Patch and update checklist
  • Enroll the test device in the Windows Insider Program (Canary channel).
  • Run Windows Update and install KB5073097 when offered.
  • Confirm build via winver (should show Build 28020.1371).
  • Execute the validation steps above and capture logs for anomalies.
  • Report any unlisted regressions to Feedback Hub with diagnostic data.

Strengths of this flight​

  • Targeted fixes for high‑signal problems. The release addresses usability regressions and a severe elevation hang; both are high‑value fixes for day‑to‑day usability and stability.
  • Low surface area. Because this is not a broad feature push, the limited scope reduces the chance of introducing unrelated regressions.
  • Transparency in Canary’s remit. Microsoft continues to call out that Canary is platform‑first and often device‑gated; that helps Insiders and enterprises calibrate expectations.

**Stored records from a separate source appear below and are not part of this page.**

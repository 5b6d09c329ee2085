//! SELECT over tables that are only read.

ghost use Rattle.std.specs.Prelude.{ℕ, ◌≡◌, ◌<◌, IfSome, option_map};
ghost use Rattle.spec_model.specs.Catalog as spec;
ghost use Rattle.spec_model.specs.Refusals.{MatchesUnlessOom};
ghost use Rattle.sql_reference.specs.Ids.{IdsRise};
ghost use Rattle.sql_reference.specs.StatementResult.{rows_shown};

use crate::opened_table::OpenedTable;
use base_types::{Items, Name};
use sql_check::{check_select, part_named};
use sql_parts::Columns;
use sql_select::query_rows;
use sql_types::{Part, Row, Select};
use sql_value::Refusal;
use std::alloc::Global;

/// The table, and the part of it, that a name stands for.
#[tactic(auto, unfolding(spec_model::specs::Catalog::find_part))]
fn find<'a>(tables: &'a [OpenedTable], name: &Name) -> Option<(&'a OpenedTable, Part)>
    ensures part { option_map (λ p. (p.0.now.def, p.1)) result
        ≡ spec.find_part (spec.defs_of tables.now) name.now }
    ensures versions { (last : ℕ) → IdsRise last (spec.defs_of tables.now)
        → IfSome result (λ p. (last < p.0.now.def.id)
        × (p.0.now.versions ≡ spec.versions_of tables.now p.0.now.def.id)) }
{
    match tables {
        [] => None,
        [table, rest @ ..] => match part_named(table.def(), name) {
            Some(part) => Some((table, part)),
            None => find(rest, name),
        },
    }
}

/// The rows that a SELECT shows of these tables, whose ids rise. The refusals are those of its checks and of its
/// expressions, besides want of memory.
#[tactic(auto, unfolding(spec_model::specs::Query::query_check))]
pub(crate) fn show(alloc: Global, tables: &[OpenedTable], q: &Select) -> Result<Items<Row>, Refusal>
    requires { IdsRise 0 (spec.defs_of tables.now) }
    ensures { MatchesUnlessOom (rows_shown tables.now q.now) result }
{
    let Some((table, part)) = find(tables, &q.table) else {
        return Err(Refusal::NoSuchTable);
    };
    let columns = Columns::of(table.def(), part);
    check_select(q, &columns)?;
    let rows = query_rows(alloc, q, &table.keyed(), part, table)?;
    Ok(Items::from_vec(rows))
}
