//! The parts of an image that are made of tables.

ghost use Rattle.std.specs.Prelude.{◌≡◌, ◌++◌, IfOk, map};
ghost use Rattle.format_image.specs.Image.{user_defs};
ghost use Rattle.format_image.specs.Rows as spec;

use crate::tables::{StoredTable, table_rows};
use base_types::{Items, Memory};
use sql_types::{Table, TableDef, TableRows};
use std::alloc::Global;

/// How many tables the system has.
const SYSTEM_TABLES: usize = 2;

/// The definitions of all tables but the first two, and the rows of all tables. The versions are moved, and
/// the values of the rows of indexes copied.
#[tactic(auto, using(crate::proofs::UserDefs::few_defs, crate::proofs::UserDefs::more_defs))]
pub fn split(
    alloc: Global,
    tables: Vec<Table>,
) -> Result<(Items<TableDef>, Items<TableRows>), Memory>
    ensures defs { IfOk result (λ parts. parts.0 ≡ user_defs tables.items) }
    ensures rows { IfOk result (λ parts. parts.1 ≡ map spec.table_rows tables.items) }
{
    let mut defs = Vec::new(alloc);
    let mut all_rows = Vec::new(alloc);
    for table in tables {
        let StoredTable { def, rows } = table_rows(alloc, table)?;
        if all_rows.len() >= SYSTEM_TABLES {
            defs.push(def)?;
        }
        all_rows.push(rows)?;
    }
    Ok((Items::from_vec(defs), Items::from_vec(all_rows)))
}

Risks and remaining concerns​

  • Elevation hang sensitivity. Fixing freezes related to elevation touches privileged flows and can interact with enterprise hooks; thorough validation is essential.
  • Server‑side gating causes testing blind spots. Installing the build may not surface gate‑hidden features; tests that rely on feature exposure can produce false negatives. Insiders must focus on reproducible symptoms rather than assuming feature presence by build number.
  • Speculative supply‑chain timing. Industry reporting about OEM‑first rollouts (for example, Snapdragon X2 PCs receiving 26H1 earlier) remains unconfirmed in Microsoft’s public notes and should not be treated as definitive. Flag these items as unverified when planning.

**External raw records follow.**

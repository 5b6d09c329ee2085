//! The tables of an image as some transactions left them.

ghost use Rattle.std.specs.Prelude.{◌≡◌, ◌++◌, ◌∷◌, [], IfOk, OnOk};
ghost use Rattle.audit_definitions.specs.DefinitionRows.{rows_in};
ghost use Rattle.spec_model.specs.Lists.{is_among};
ghost use Rattle.spec_asof.specs.DatabaseAt as spec;

use crate::definitions::def_told;
use crate::earlier_txs::EarlierTxs;
use crate::versions::{cut_to, versions_at};
use audit_definitions::is_encoded;
use base_types::{Items, Memory};
use sql_system::first_tables;
use sql_types::{Table, TableDef, TableRows, Version};
use std::alloc::Global;

/// The tables that these transactions left, of an image with these definitions and rows. Its rows are moved. The
/// only error is want of memory.
pub(crate) fn tables_at(
    alloc: Global,
    txs: &EarlierTxs,
    defs: Items<TableDef>,
    rows: Items<TableRows>,
) -> Result<Items<Table>, Memory>
    ensures { IfOk result (λ tables. tables ≡ spec.tables_at (is_among txs.now) defs rows) }
{
    let mut rows = rows.into_vec();
    if rows.len() < 2 {
        return Ok(Items::new(alloc));
    }
    let first = rows.remove(0);
    let second = rows.remove(0);
    with_users(alloc, txs, first, second, defs, rows)
}

/// The two tables of the system, and behind them those of users.
#[tactic(auto, unfolding(spec_model::specs::SystemTables::first_tables))]
fn with_users(
    alloc: Global,
    txs: &EarlierTxs,
    first: TableRows,
    second: TableRows,
    defs: Items<TableDef>,
    users: Vec<TableRows>,
) -> Result<Items<Table>, Memory>
    ensures { IfOk result (λ tables. tables
        ≡ spec.tables_at (is_among txs.now) defs (first ∷ second ∷ users.items)) }
{
    let first = versions_at(alloc, txs, first)?;
    let second = versions_at(alloc, txs, second)?;
    let mut users = users_at(alloc, txs, &first, &second, defs, users)?;
    let mut tables = first_tables(alloc)?;
    tables[0].versions = Items::from_vec(first);
    tables[1].versions = Items::from_vec(second);
    tables.append(&mut users)?;
    Ok(Items::from_vec(tables))
}

/// The tables of users that these rows of the system's tables define.
fn users_at(
    alloc: Global,
    txs: &EarlierTxs,
    first: &[Version],
    second: &[Version],
    defs: Items<TableDef>,
    rows: Vec<TableRows>,
) -> Result<Vec<Table>, Memory>
    ensures { IfOk result (λ tables. tables.items
        ≡ spec.users_at (is_among txs.now) (rows_in first.now) (rows_in second.now) defs rows.items) }
{
    let mut tables = Vec::new(alloc);
    for (def, rows) in defs.into_vec().into_iter().zip(rows) {
        add_table(alloc, txs, first, second, def, rows, &mut tables)?;
    }
    Ok(tables)
}

/// Adds the table, if these rows of the system's tables define it.
fn add_table(
    alloc: Global,
    txs: &EarlierTxs,
    first: &[Version],
    second: &[Version],
    def: TableDef,
    rows: TableRows,
    tables: &mut Vec<Table>,
) -> Result<(), Memory>
    ensures { OnOk result (tables.new.items ≡ tables.old.items
        ++ spec.users_at (is_among txs.now) (rows_in first.now) (rows_in second.now) (def ∷ []) (rows ∷ [])) }
{
    let def = def_told(alloc, first, second, def)?;
    if is_encoded(alloc, first, second, &def)? {
        tables.push(table_at(alloc, txs, def, rows)?)?;
    }
    Ok(())
}

fn table_at(
    alloc: Global,
    txs: &EarlierTxs,
    def: TableDef,
    rows: TableRows,
) -> Result<Table, Memory>
    ensures { IfOk result (λ table. table ≡ spec.table_at (is_among txs.now) def rows) }
{
    let versions = versions_at(alloc, txs, rows)?;
    let versions = Items::from_vec(cut_to(alloc, def.columns.len(), versions)?);
    Ok(Table { def, versions })
}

Bottom line for Windows power users and admins​

KB5073097 (Build 28020.1371) is a focused Canary maintenance flight that cleans up visible UX regressions and eliminates a serious Windows Terminal elevation freeze. For Insiders who encountered the pinned‑folder or Explorer flash issues, this flight delivers meaningful pain relief. Enterprises and IT pros should restrict Canary to test labs, prioritize validation of the Terminal elevation fix, and treat the 26H1 label as a platform‑enablement signal rather than a mainstream feature release. Use the Windows Insider Blog as the authoritative changelog and submit detailed Feedback Hub reports for any lingering or new regressions.

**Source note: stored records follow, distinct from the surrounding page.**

//! Whether the rows of each index are those of the base.

ghost use Rattle.std.specs.Prelude.{◌≡◌, ◌<◌, ◌&&◌, IfOk, OnOk, map, get_or, []};
ghost use Rattle.std.specs.List.{AllByRecursion};
ghost use Rattle.std.specs.Option.{option_copied};
ghost use Rattle.format_image.specs.ImageBytes.{IsImage};
ghost use Rattle.format_image.specs.Rows as image;
ghost use Rattle.sql_types.specs.declared.table.TableDef.{TableDef};
ghost use Rattle.spec_model.specs.Keys.{key_places};
ghost use Rattle.spec_model.specs.Lists.{sorted};
ghost use Rattle.spec_model.specs.Rows.{value_or_null};
ghost use Rattle.sql_value.specs.Order.{value_cmp};
ghost use Rattle.spec_verify.specs.Indexes as spec;
ghost use Rattle.audit_verify.specs.Indexes.{first_among, HasFewIndexes, row_at};
ghost use Rattle.audit_roots.specs.ImageTable.{AreImageTables};

use audit_columns::same_type;
use audit_roots::ImageTable;
use base_types::{Memory, first_of};
use format_image::{Image, IndexRow};
use spec_verify::Place;
use sql_parts::key_places;
use sql_types::{IndexDef, TypedValue, Version};
use sql_value::{Value, compare};
use std::alloc::Global;
use std::cmp::Ordering;

/// The first index whose rows aren't those of the base.
pub(crate) fn index_fault(
    alloc: Global,
    image: &Image,
    tables: &[ImageTable],
) -> Result<Option<Place>, Memory>
    requires image { IsImage image.now }
    requires tables { AreImageTables tables.now image.now }
    ensures { IfOk result (λ place. place ≡ spec.index_fault image.now) }
{
    fault_among(alloc, tables)
}

/// The first index of these tables whose rows aren't those of the base.
pub(crate) fn fault_among(alloc: Global, tables: &[ImageTable]) -> Result<Option<Place>, Memory>
    requires { AllByRecursion HasFewIndexes tables.now }
    ensures { IfOk result (λ place. place ≡ first_among tables.now) }
{
    for table in tables {
        if let Some(place) = table_fault(alloc, table)? {
            return Ok(Some(place));
        }
    }
    Ok(None)
}

fn table_fault(alloc: Global, table: &ImageTable) -> Result<Option<Place>, Memory>
    requires { HasFewIndexes table.now }
    ensures { IfOk result (λ place. place ≡ spec.table_fault table.now.def.now table.now.rows.now) }
{
    let key = key_places(alloc, table.def.columns.as_slice())?;
    for (g, index) in table.def.indexes.as_slice().iter().enumerate() {
        if !index_holds(alloc, table, &key, g, index)? {
            let table = table.def.id;
            return Ok(Some(Place::Index {
                table,
                index: (g + 1) as u8,
            }));
        }
    }
    Ok(None)
}

#[tactic(auto, unfolding(format_image::specs::Rows::index_rows))]
fn index_holds(
    alloc: Global,
    table: &ImageTable,
    key: &[usize],
    g: usize,
    index: &IndexDef,
) -> Result<bool, Memory>
    requires { key.now ≡ key_places table.now.def.now.columns }
    ensures { IfOk result (λ holds. holds
        ≡ spec.index_holds table.now.def.now table.now.rows.now g index.now) }
{
    let ordinals = ordinals_of(alloc, key, index)?;
    let versions = sorted_versions(alloc, &ordinals, table.rows.base.as_slice())?;
    Ok(same_rows(rows_at(table, g), &ordinals, &versions))
}

#[tactic(auto, using(crate::proofs::Places::at_or))]
fn rows_at<'a>(table: &ImageTable<'a>, g: usize) -> &'a [IndexRow]
    ensures { result.now ≡ get_or table.now.rows.now.indexes g [] }
{
    match table.rows.indexes.get(g) {
        Some(rows) => rows.as_slice(),
        None => &[],
    }
}

/// The ordinals of an index's columns, and then those of the key's.
#[tactic(auto, unfolding(format_image::specs::Rows::index_ordinals))]
fn ordinals_of(alloc: Global, key: &[usize], index: &IndexDef) -> Result<Vec<usize>, Memory>
    ensures { IfOk result (λ ordinals. (def : TableDef) → key.now ≡ key_places def.columns
        → ordinals.items ≡ image.index_ordinals def index.now) }
{
    let mut ordinals = Vec::new(alloc);
    for ordinal in index.ordinals.as_slice() {
        ordinals.push(*ordinal as usize)?;
    }
    for place in key {
        ordinals.push(place.checked_add(1).ok_or(Memory)?)?;
    }
    Ok(ordinals)
}

/// The versions, sorted by their values in these columns.
fn sorted_versions<'a>(
    alloc: Global,
    ordinals: &[usize],
    versions: &'a [Version],
) -> Result<Vec<&'a Version>, Memory>
    ensures { IfOk result (λ found. map (λ v. row_at ordinals.now v.now) found.items
        ≡ sorted image.stored_cmp (map (row_at ordinals.now) versions.now)) }
{
    let mut found = all_of(alloc, versions)?;
    sort_by_row(ordinals, &mut found)?;
    Ok(found)
}

fn all_of<'a>(alloc: Global, versions: &'a [Version]) -> Result<Vec<&'a Version>, Memory>
    ensures { IfOk result (λ found. map (λ v. v.now) found.items ≡ versions.now) }
{
    let mut found = Vec::with_capacity(alloc, versions.len())?;
    for version in versions {
        found.push(version)?;
    }
    Ok(found)
}

fn sort_by_row(ordinals: &[usize], versions: &mut Vec<&Version>) -> Result<(), Memory>
    ensures { OnOk result (map (λ v. row_at ordinals.now v.now) versions.new.items
        ≡ sorted image.stored_cmp (map (λ v. row_at ordinals.now v.now) versions.old.items)) }
{
    versions.sort_by(|a, b| compare_rows(ordinals, *a, *b))?;
    Ok(())
}

#[tactic(auto, unfolding(format_image::specs::Rows::stored_cmp, spec_model::specs::Keys::key_cmp))]
fn compare_rows(ordinals: &[usize], a: &Version, b: &Version) -> Ordering
    ensures { result ≡ image.stored_cmp (row_at ordinals.now a.now) (row_at ordinals.now b.now) }
{
    for ordinal in ordinals {
        let order = compare_values(stored_at(a, *ordinal), stored_at(b, *ordinal));
        if order != Ordering::Equal {
            return order;
        }
    }
    Ordering::Equal
}

fn compare_values(a: Option<&TypedValue>, b: Option<&TypedValue>) -> Ordering
    ensures { result ≡ value_cmp (value_or_null (option_copied a.entry))
        (value_or_null (option_copied b.entry)) }
{
    match (a, b) {
        (Some(a), Some(b)) => compare(&a.value, &b.value),
        (Some(a), None) => compare(&a.value, &Value::Null),
        (None, Some(b)) => compare(&Value::Null, &b.value),
        (None, None) => compare(&Value::Null, &Value::Null),
    }
}

/// The value in the column with this ordinal; NULL is none.
#[tactic(auto, using(crate::proofs::Places::at_or))]
fn stored_at(version: &Version, ordinal: usize) -> Option<&TypedValue>
    ensures { option_copied result ≡ image.stored_at version.now.values ordinal }
{
    if ordinal == 0 {
        return None;
    }
    match version.values.get(ordinal - 1) {
        Some(stored) => typed_in(stored),
        None => None,
    }
}

fn typed_in(stored: &Option<TypedValue>) -> Option<&TypedValue>
    ensures { option_copied result ≡ stored.now }
{
    match stored {
        Some(typed) => Some(typed),
        None => None,
    }
}

/// Whether these are the rows of these versions in these columns, in the same order.
fn same_rows(rows: &[IndexRow], ordinals: &[usize], versions: &[&Version]) -> bool
    ensures { result ≡ spec.same_rows rows.now (map (λ v. row_at ordinals.now v.now) versions.now) }
{
    let mut rows = rows;
    let mut versions = versions;
    'each: loop {
        match rows {
            [] => return versions.is_empty(),
            [row, more @ ..] => match versions {
                [] => return false,
                [version, others @ ..] => {
                    if !same_row(row.as_slice(), ordinals, *version) {
                        return false;
                    }
                    rows = more;
                    versions = others;
                }
            },
        }
    }
}

fn same_row(row: &[Option<TypedValue>], ordinals: &[usize], version: &Version) -> bool
    ensures { result ≡ spec.same_row row.now (row_at ordinals.now version.now) }
{
    let mut row = row;
    let mut ordinals = ordinals;
    'each: loop {
        match (first_of(row), first_of(ordinals)) {
            (None, None) => return true,
            (Some((value, more)), Some((ordinal, others))) => {
                if !same_value(value, stored_at(version, *ordinal)) {
                    return false;
                }
                row = more;
                ordinals = others;
            }
            (None, Some(_)) | (Some(_), None) => return false,
        }
    }
}

/// Whether both are NULL, or one value of one type.
fn same_value(a: &Option<TypedValue>, b: Option<&TypedValue>) -> bool
    ensures { result ≡ spec.same_value a.now (option_copied b.entry) }
{
    match (a, b) {
        (None, None) => true,
        (Some(a), Some(b)) => same_type(a.ty, b.ty) && compare(&a.value, &b.value).is_eq(),
        _ => false,
    }
}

Quick reference — actions and tests (copyable)​

  • Enroll a test machine in Windows Insider → Canary.
  • Install KB5073097 via Settings → Windows Update (or pick up the patch if offered).
  • Verify winver shows Build 28020.1371.
  • Validate fixes:
  • Start: open a pinned folder, launch items, confirm visibility.
  • Explorer: navigate Home ↔ Search ↔ This PC repeatedly in light/dark themes; record any flashes.
  • Keyboard: change repeat delay and verify actual behavior in Notepad.
  • Terminal: attempt elevation from a non‑admin account in a sandboxed test VM.
  • Collect logs: Feedback Hub entry + event logs + screenshots/video; attach ETW/minidumps for freezes.
  • If you rely on production systems, don’t apply Canary builds to critical devices.
This maintenance flight continues the pattern of surgical Canary updates: small but important fixes aimed at high‑usage UX pain points while Microsoft iterates platform plumbing for future silicon. Insiders who saw the regressions should test and report; enterprise teams should treat Canary as an early lab environment and prioritize validation of the elevation fix before taking any further action.